Publishers "Selling Your Data"
What The New York Times got wrong editorially but right economically
In this "Privatization" series, I plan to explore how privacy is affecting business, strategy, and the Internet economy. Good privacy can mean good business.
An often repeated complaint about an ad-supported Internet is that publishers are selling their users' data to target ads. Capturing this sentiment, The New York Times (NYT) published an opinion piece in 2018 with the sub-headline:
"Facebook has always sold data to advertisers, and it probably always will."
Ironically in 2020, the same publication has announced that it is "phasing out all 3rd-party advertising data" from data brokers in favor of using its own first-party data that they collect on their own users.
So is NYT now selling its users' data? The short answer is no. The longer answer is maybe, and California will decide.
Short Answer: No
Publishers like The New York Times and Facebook have a different business model than that of 3rd-party ad data brokers (e.g. Acxiom, Epsilon) which have been cut off from those sites. Publishers make money by selling ads while data brokers make money by selling data they’ve collected and packaged.
Ads can be targeted by using data, but if you were able to access the data itself, you wouldn't necessarily need the publisher who originated the data.
Let's say a car dealer wants to target people in market for cars. They could buy ads on Cars.com, but if Cars.com did the targeting and placement of the ad itself without allowing the dealer's own tracking or targeting technology, then the dealer can't reach that same Cars.com audience on other sites. In this case, Cars.com would be amassing 1st-party data on its own users and keeping the data to itself.
However, Cars.com could choose to sell the user data such as tracking cookies to a 3rd party data broker who could use it to create a "in-market for a car" 3rd-party data segment. The dealership could then buy this segment from the data broker and identify those specific car shoppers on other publications that may have lower ad inventory prices but overlap in audience.
It's generally not in the interest of publishers to sell the user data because advertisers wouldn't need to keep buying ads from them: if dealers can reach the same car buyers elsewhere for less, they'll stop buying ads from Cars.com!
In the case of The New York Times, it isn't "selling your data" when it uses 1st-party data about your readership of NYT business and travel sections to enable NYT advertisers to reach only "business people who likes to travel.” NYT is selling ads targeted to a specific segment of its readership, and it's in NYT’s interest to disallow advertisers from independently identifying individuals who meets that profile. Otherwise, the NYT could "data leak" and lose value to the advertiser in the long run when the advertiser runs off with the data.
NYT’s plan to ban usage of 3rd-party data brokers and only allow NYT’s 1st-party data could be hailed as a consumer privacy move.
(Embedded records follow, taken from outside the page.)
// Grids, and the meshes that are put of them.
fn square_meshes() -> [Case<'static>; 6] {
    [
        extracts(HEADER, &[10, 0, 0, 0], FIRST),
        extracts(
            "NRRD0001\ntype: int8\ndimension: 2\nsizes: 2 2\nencoding: raw\n\n",
            &[10, 0, 0, 0],
            FIRST,
        ),
        // the ambiguous square: its positive corners are joined
        extracts(
            HEADER,
            &[0, 10, 10, 0],
            "nOFF\n2\n4 2 0\n0.500000 0.000000\n0.000000 0.500000\n1.000000 0.500000\n0.500000 1.000000\n2 1 0\n2 2 3\n",
        ),
        // a sample equal to the isovalue is positive
        extracts(
            HEADER,
            &[5, 0, 0, 0],
            "nOFF\n2\n2 1 0\n0.000000 0.000000\n0.000000 0.000000\n2 0 1\n",
        ),
        extracts(HEADER, &[9, 9, 9, 9], "nOFF\n2\n0 0 0\n"),
        // one sample along an axis: no squares, and no triangles
        extracts(
            "NRRD0001\ntype: uint8\ndimension: 2\nsizes: 1 7\nencoding: raw\n\n",
            &[0, 9, 0, 9, 0, 9, 0],
            "nOFF\n2\n0 0 0\n",
        ),
    ]
}

// The same by tables of simplices, at other isovalues, and of shorts.
fn other_meshes() -> [Case<'static>; 5] {
    [
        Case {
            table: [&TRIANGLE, &[], &[]],
            ..extracts(
                "NRRD0001\ntype: uint8\ndimension: 2\nsizes: 1 7\nencoding: raw\n\n",
                &[0, 9, 0, 9, 0, 9, 0],
                "nOFF\n2\n0 0 0\n",
            )
        },
        Case {
            words: "extract table=table.tab grid=grid.nrrd iso=1",
            ..extracts(
                HEADER,
                &[0, 3, 0, 3],
                "nOFF\n2\n2 1 0\n0.333333 0.000000\n0.333333 1.000000\n2 1 0\n",
            )
        },
        // the table of the simplex in each of both dimensions
        Case {
            table: [&TRIANGLE, &[], &[]],
            ..extracts(
                HEADER,
                &[10, 0, 0, 0],
                "nOFF\n2\n3 2 0\n0.500000 0.000000\n0.000000 0.500000\n0.500000 0.500000\n2 0 2\n2 2 1\n",
            )
        },
        Case {
            table: [&TETRAHEDRON, &[], &[]],
            ..extracts(SCANNED, &[10, 0, 0, 0, 0, 0, 0, 0], TETRAHEDRA)
        },
        // shorts with the high byte first
        Case {
            words: "extract table=table.tab iso=-3 grid=grid.nrrd",
            ..extracts(
                "NRRD0005\ntype: short\ndimension: 2\nsizes: 2 2\nendian: big\nencoding: raw\n\n",
                &[0xff, 0xfb, 0, 0, 0xff, 0xfb, 0, 0],
                "nOFF\n2\n2 1 0\n0.400000 0.000000\n0.400000 1.000000\n2 1 0\n",
            )
        },
    ]
}

#[test]
fn meshes_are_placed(rt: HostRuntime) -> Result<(), Fail> {
    check_all(&rt, rt.alloc(), &square_meshes())?;
    check_all(&rt, rt.alloc(), &other_meshes())
}

// Words that are refused, or that name no right table.
fn refused_words() -> [Case<'static>; 6] {
    [
        refuses("", HEADER, &SAMPLES, Status::Usage(1), "usage: word 1\n"),
        refuses(
            "extract table=a grid=b iso=05",
            HEADER,
            &SAMPLES,
            Status::Usage(4),
            "usage: word 4\n",
        ),
        refuses(
            "extract table=a grid=b",
            HEADER,
            &SAMPLES,
            Status::Usage(4),
            "usage: word 4\n",
        ),
        refuses(
            "extract table=a grid=b iso=1099511627777",
            HEADER,
            &SAMPLES,
            Status::Usage(4),
            "usage: word 4\n",
        ),
        refuses(
            "extract table=table.tab grid=b iso=5",
            HEADER,
            &SAMPLES,
            Status::ShelfFault(1),
            "shelf fault: 1\n",
        ),
        refuses(
            "extract table=grid.nrrd grid=b iso=5",
            HEADER,
            &SAMPLES,
            Status::TableForm(TableForm::Fault {
                place: 0,
                cause: TableCause::Magic,
            }),
            "table form: magic 0\n",
        ),
    ]
}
After all, the NYT is harming 3rd-party data brokers and their practice of profiling users from various sources.
However, it is also a smart business move. NYT is now forcing advertisers to pay up not only for the premium real estate on NYT webpages but also to pay the NYT for the data premium for targeting the ads instead of some data broker. Even better, the NYT doesn't need to match its user profiles with the data brokers in order to facilitate said targeting, which means the NYT doesn't need to reveal who is a NYT reader, which in itself is valuable targeting data. So the only way to reach NYT readers is through the NYT!
Long Answer: Depends. Ask California
Where this gets more complicated is when using more sophisticated technical setups to facilitate digital ads, which is very common on the Internet. Sites such as NYT may sell ad space using an online ad auction that happens in milliseconds to find the highest bidding advertiser around the world for a given web page or user.
Let’s say the NYT is auctioning an ad space for the 36 Hours in Lisbon travel web page when a visitor loads the page. An invited advertiser may participate in the auction using an electronic bidder known as a demand-side platform (DSP) to submit a bid for that specific page view known an as an ad impression. As part of this auction process, the bidder may be told not only what webpage the ad would go on but also what IP address, cookie, device ID, or other identifiers the user visiting the webpage has, which helps the bidder decide how much to offer for the chance to serve an ad.
With this user data, the advertiser would have a way to identify that same webpage visitor in other publications and later auctions. So that advertiser can reach "travelers interested in Lisbon" on other webpages with cheaper ad rates. The NYT may not have intended to give away that data, but it's possible. The advertiser didn't even necessarily need to bid or win the auction to get that data.
Worse for the publisher, California may consider that a "sale of data" even though no money changed hands due to its new California Consumer Privacy Act (CCPA). This law allows consumers to opt out of sales of their data to 3rd parties. The CCPA definition of a sale doesn’t require money to change hands. With CCPA enforcement beginning July, we'll soon see how publishers will need to reshape operations to secure user data for legal, trust, and monetization reasons.